Interestingly, both p38 MAPK and GPCRs have been implicated in the progression of the coronavirus disease of 2019 (COVID-19) caused by severe acute respiratory syndrome coronavirus 2 (SARS-CoV-2) which leads to massive inflammation in the lung and heart. The exact cause of inflammation is not known. SAR2-CoV-2 binds to angiotensin converting enzyme-2 (ACE2) expressed on cells highly abundant in the lung and heart. ACE-2 is important for controlling the levels of angiotensin II, which signals through AT1 to promote inflammatory signaling including p38 MAPK activation [37]. In addition, a human-SARS-CoV-2-host interactome screen revealed that PAR2 associates with SARS-CoV-2 via an accessory protein in the region Ofr9c [38]. PAR2 also plays a pivotal role in vascular inflammation [39] and can signal via p38 MAPK [40]. Given the lack of clinically efficacious drugs currently available to treat COVID-19, small molecule inhibitors targeting certain GPCRs and/or p38 MAPK might be considered for early phase clinical trials.
Conclusions
Vascular inflammation results from subcellular hot spots of GPCR signaling initiated at the plasma membrane, cytoplasmic signalosomes and more recently in endosomal compartments. Plasma membrane-localized GPCR signaling engages heterotrimeric G proteins and classical signaling cascades to promote proinflammatory signaling resulting in endothelial barrier disruption. A second mode of plasma membrane-localized signaling occurs via transactivation of growth factor receptors causing JAK-STAT signaling, transcriptional activity and inflammatory responses.

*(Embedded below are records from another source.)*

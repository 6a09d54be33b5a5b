// Rounding to whole numbers, from math.rs: the library's methods. Each takes any f64, NaN and
// infinities included.
ghost use Rattle.std.specs.Prelude.{◌≡◌};
ghost use Rattle.math.specs.Whole as Whole;
ghost use Rattle.math.specs.Rounded as Cast;

// The whole part, towards zero.
#[tactic(auto, using(crate::proofs::Whole::trunc_is))]
pub fn trunc(x: f64) -> f64
    ensures { result ≡ Whole.trunc x }
{
    x.trunc()
}

// The nearest whole number, halves away from zero.
#[tactic(auto, using(crate::proofs::Whole::round_is))]
pub fn round(x: f64) -> f64
    ensures { result ≡ Whole.round_half_away x }
{
    x.round()
}

// The least whole number that is not below x.
#[tactic(auto, using(crate::proofs::Whole::ceil_is))]
pub fn ceil(x: f64) -> f64
    ensures { result ≡ Whole.ceil x }
{
    x.ceil()
}

// Whether x is a whole number.
#[tactic(auto, unfolding(crate::specs::Whole::is_integral))]
pub fn is_integral(x: f64) -> bool
    ensures { result ≡ Whole.is_integral x }
{
    x == trunc(x)
}

// The nearest whole number as an i32, 0 where it is out of range or not a number.
pub fn round_to_i32(value: f64) -> i32
    ensures { result ≡ Cast.round_to_i32 value }
{
    let rounded = round(value);
    if rounded > i32::MAX as f64 || rounded < i32::MIN as f64 {
        0
    } else {
        std::num::saturating_f64_to_i32(rounded)
    }
}
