// Directions and differences of directions, in degrees (document 01, the leaf helpers). Each
// function takes any f64; what is not finite gives NaN.
ghost use Rattle.std.specs.Prelude.{◌≡◌};
ghost use Rattle.math.specs.Fold as Fold;

use crate::remainder::FULL_TURN;

// Half a turn, in degrees.
pub const HALF_TURN: f64 = FULL_TURN / 2.0;

// The whole fold: the same direction, from 0 up to but not including 360.
pub fn wrap360(degrees: f64) -> f64
    ensures { result ≡ Fold.whole_fold degrees }
{
    let rest = crate::remainder::remainder(degrees);
    let turned = not_below_zero(rest);
    if turned == FULL_TURN { 0.0 } else { turned }
}

// A remainder with a full turn added where it is negative.
fn not_below_zero(rest: f64) -> f64
    ensures { result ≡ Fold.turned rest }
{
    if rest < 0.0 { rest + FULL_TURN } else { rest }
}

// The half fold: the same difference of directions, above -180 and at most 180.
pub fn wrap180(degrees: f64) -> f64
    ensures { result ≡ Fold.half_fold degrees }
{
    let whole = wrap360(degrees);
    if whole > HALF_TURN {
        return whole - FULL_TURN;
    }
    whole
}

// The opposite direction.
pub fn reciprocal(degrees: f64) -> f64
    ensures { result ≡ Fold.reciprocal degrees }
{
    wrap360(degrees + HALF_TURN)
}

// A direction from any number of degrees, for relative bearings too: the whole fold. Both names are
// the Rust's, which has `wrap360` of numbers and `Direction::from_degrees_wrapped` of what becomes
// a direction, and each caller has the Rust's.
pub fn from_degrees_wrapped(degrees: f64) -> f64
    ensures { result ≡ Fold.whole_fold degrees }
{
    wrap360(degrees)
}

In addition, GPCRs utilize scaffolds that facilitate the assembly of multiprotein complexes in the cytoplasm to promote NFκB activation induced by β-arrestins and CARMA-BCL10-MALT1 signalosomes that accumulate in localized cytoplasmic hubs that sustained NFκB activity. An additional type of GPCR inflammatory signaling occurs at endosomes and is driven by ubiquitin covalently attached to the receptor, and functions to nucleate the assembly of TAB1-TAB2-p38 MAPK signaling complex. Cleary, future work is needed to gain insights into the molecular architecture and structure of GPCR signaling complexes to identify new targets and strategies for development of drugs that are more effective to treat vascular inflammation with adverse side effects.
Funding
This work was supported by National Institutes of Health/National Institute of General Medical Sciences (NIGMS)[ R35 GM127121], NIH/NIGMS [K12 GM068524], NIH/National Heart Lung and Blood Institute [T32 HL007444] and Burroughs Welcome Fund Postdoctoral Enrichment Program [1019868].